Back in the days when Oscar used to be a tough customer at the barbershop, few barbers dared to cut his hair a second time. He employed such tactics as shaking his head vigorously from side to side, grabbing the barber’s clippers and sliding out of the chair. He even kicked one poor guy in the old testaments. We definitely never went back there.
One fine afternoon, I declared that he needed a haircut. Against Fina’s protests, I proclaimed my splendid self to be capable of giving him as nice a trim as any barber. To support this affirmation, I directed her attention to the box containing my new deluxe styling clippers. Right there in bold red was the manufacturer’s exclamatory decree: “CUT HAIR LIKE A PRO!”
Fina was unimpressed. She tends to take a suspicious approach toward any statement that appears under a blaring “AS SEEN ON TV” icon.
Ignoring her skepticism, I situated Oscar in a lawn chair in our back yard, plugged in the clippers and began my grand symphony. Although I expected him to squirm some, I felt I could effortlessly resonate with the cosmic undulations of his universe. Birds would swoop by mimicking every deft sweep of my clippers. Way up in our towering red maple tree, my chattering squirrel friends would approvingly do lazy barrel rolls from limb to limb. They would all marvel at how I rivaled their own graceful skills so readily. This was going to be The Haircut of Haircuts, and I would be known near and far as the man who can trim on a whim.
Back on Earth, he was like a bucking bronco at a rodeo. The clippers went zinging across his scalp like a flat stone skipping across a pond. By the time I had finished mutilating his head, he had a cluster of bald patches on his scalp that resembled crop circles made by a drunken UFO pilot.
To give you an idea of how bad it was, you must realize that Oscar has a very thick head of hair. A barber can give him a buzz cut like raw recruits get when entering the military and you still can’t see his scalp.
Fina seemed furious for some reason. “Are you happy now, Mister “CUT HAIR LIKE A PRO?” I told you, but you knew better. Not even a barber can fix this disaster!”
I tried to play down the botch job noting that his hair would grow back in no time. She threatened to throw the clippers out, but I pled with her that I needed them to groom the dog. We had an Airedale whom the kids named Jaco (pronounced “Jocko”), an acronym created from the first letter of each of their first names: Jake, Alex, Conrad and Oscar. She didn’t buy into the dog story, but I did promise to never again touch Oscar’s head with anything sharper than a sponge.

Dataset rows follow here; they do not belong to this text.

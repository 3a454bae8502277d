//! How many rows fit each pattern.

ghost use Rattle.std.specs.Prelude.{◌≡◌, ◌<◌, ◌≤◌, [], length, get_or, take, drop, All, IfOk};
ghost use Rattle.cr_model.specs.Callings.{rows_from, rows_of};
ghost use Rattle.cr_model.specs.Queries.{rows_fitting};
ghost use Rattle.cr_model.specs.Right.{pattern_at};
ghost use Rattle.cr_audit.specs.Paths.{AreFitting, fitting_of, front};

use crate::counting::{rows_fitting, rung_fitting};
use crate::judging::{pattern_at, patterns_of};
use crate::path::Path;
use cr_model::{Pattern, Problem};
use cr_row::{Change, NoMemory, Row};
use std::alloc::Global;
use std::marker::Model;

/// How many rows of a node fit each pattern.
#[derive(Drop)]
pub struct Fitting {
    numbers: Vec<u64>,
}

impl Model for Fitting {
    ghost use Rattle.std.specs.Prelude.{ℕ, List};

    ghost Value = { List ℕ };

    ghost view = { λ fitting. fitting.numbers.items };
}

impl Fitting {
    // The number of a pattern.
    fn of(&self, index: usize) -> u64
        requires { index < length self.now }
        ensures { result ≡ get_or self.now index 0 }
    {
        self.numbers[index]
    }
}

/// How many rows fit a pattern of those before the last lead.
pub fn fitting_before(problem: &Problem, path: &Path, index: usize) -> u64
    requires fitting { AreFitting problem.now path.now.node.items (length path.now.node.items) path.now.fitting.items }
    requires index { index < length problem.now.query.patterns }
    ensures { result ≡ rows_fitting (pattern_at problem.now.query.patterns index).cells (rows_of problem.now (front path.now.node.items)) }
{
    let _ = problem.stage();
    match path.fitting.last() {
        Some(fitting) => fitting.of(index),
        None => 0,
    }
}

/// How many rows fit each pattern, where so many of them stand before the last lead.
pub fn count_rung(
    alloc: Global,
    problem: &Problem,
    path: &Path,
    before: usize,
) -> Result<Fitting, NoMemory>
    requires fitting { AreFitting problem.now path.now.node.items (length path.now.node.items) path.now.fitting.items }
    requires rows { path.now.rows.items ≡ rows_of problem.now path.now.node.items }
    requires within { before ≤ length path.now.rows.items }
    requires before { take before path.now.rows.items ≡ rows_of problem.now (front path.now.node.items) }
    ensures { IfOk result (λ fitting. fitting ≡ fitting_of problem.now path.now.node.items) }
{
    let patterns = patterns_of(problem.query());
    let mut numbers = Vec::with_capacity(alloc, patterns.len())?;
    for index in 0..patterns.len() {
        let pattern = pattern_at(patterns, index);
        let rung = fitting_behind(pattern, &path.rows, before);
        numbers.push(fitting_before(problem, path, index) + rung)?;
    }
    Ok(Fitting { numbers })
}

// How many of the rows from a place on fit a pattern.
fn fitting_behind(pattern: &Pattern, rows: &[Row], before: usize) -> u64
    requires { before ≤ length rows.now }
    ensures { result ≡ rows_fitting pattern.now.cells (drop before rows.now) }
{
    fitting_in(pattern, &rows[before..])
}

/// How many rows fit a pattern.
pub fn fitting_in(pattern: &Pattern, rows: &[Row]) -> u64
    ensures { result ≡ rows_fitting pattern.now.cells rows.now }
{
    rows_fitting(&pattern.cells, rows)
}

/// How many rows fit a pattern, of those that the changes give from a row.
pub fn fitting_rung(pattern: &Pattern, from: Row, changes: &[Change]) -> u64
    requires { All (λ change. change.stage ≡ length from) changes.now }
    ensures { result ≡ rows_fitting pattern.now.cells (rows_from from changes.now) }
{
    rung_fitting(&pattern.cells, from, changes)
}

During that time, Oscar traveled to and from school on a regular school bus. Usually, Fina would put him on the bus in the mornings, and I would take him off in the afternoons. Because of his appearance, Fina kept him home for a few days out of embarrassment. But he had to return to school eventually, and that’s when reality slapped me upside my own nicely groomed head.
That afternoon, I met the bus as usual. Because of his disabilities, the law requires an aide to be on the bus in addition to the driver. As he was stepping down, the aide asked me how his tests went. I was puzzled by her question and asked her what tests she was referring to. She said, “His brain tests; I noticed the spots where they shaved him to put the electrodes on.”
I tried to remain expressionless, but the first chink in my poker-faced armor was when my ears started turning red. She spotted the color change and instantly knew what actually had happened because of that inherent female truth-sensing-mystery-detection thing. She blurted an involuntary “uh oh,” telling me that she now knew the real story. That caused the rest of my face to match my ears’ tint and my entire head morphed into a giant tomato. Now she knew that I knew that she knew.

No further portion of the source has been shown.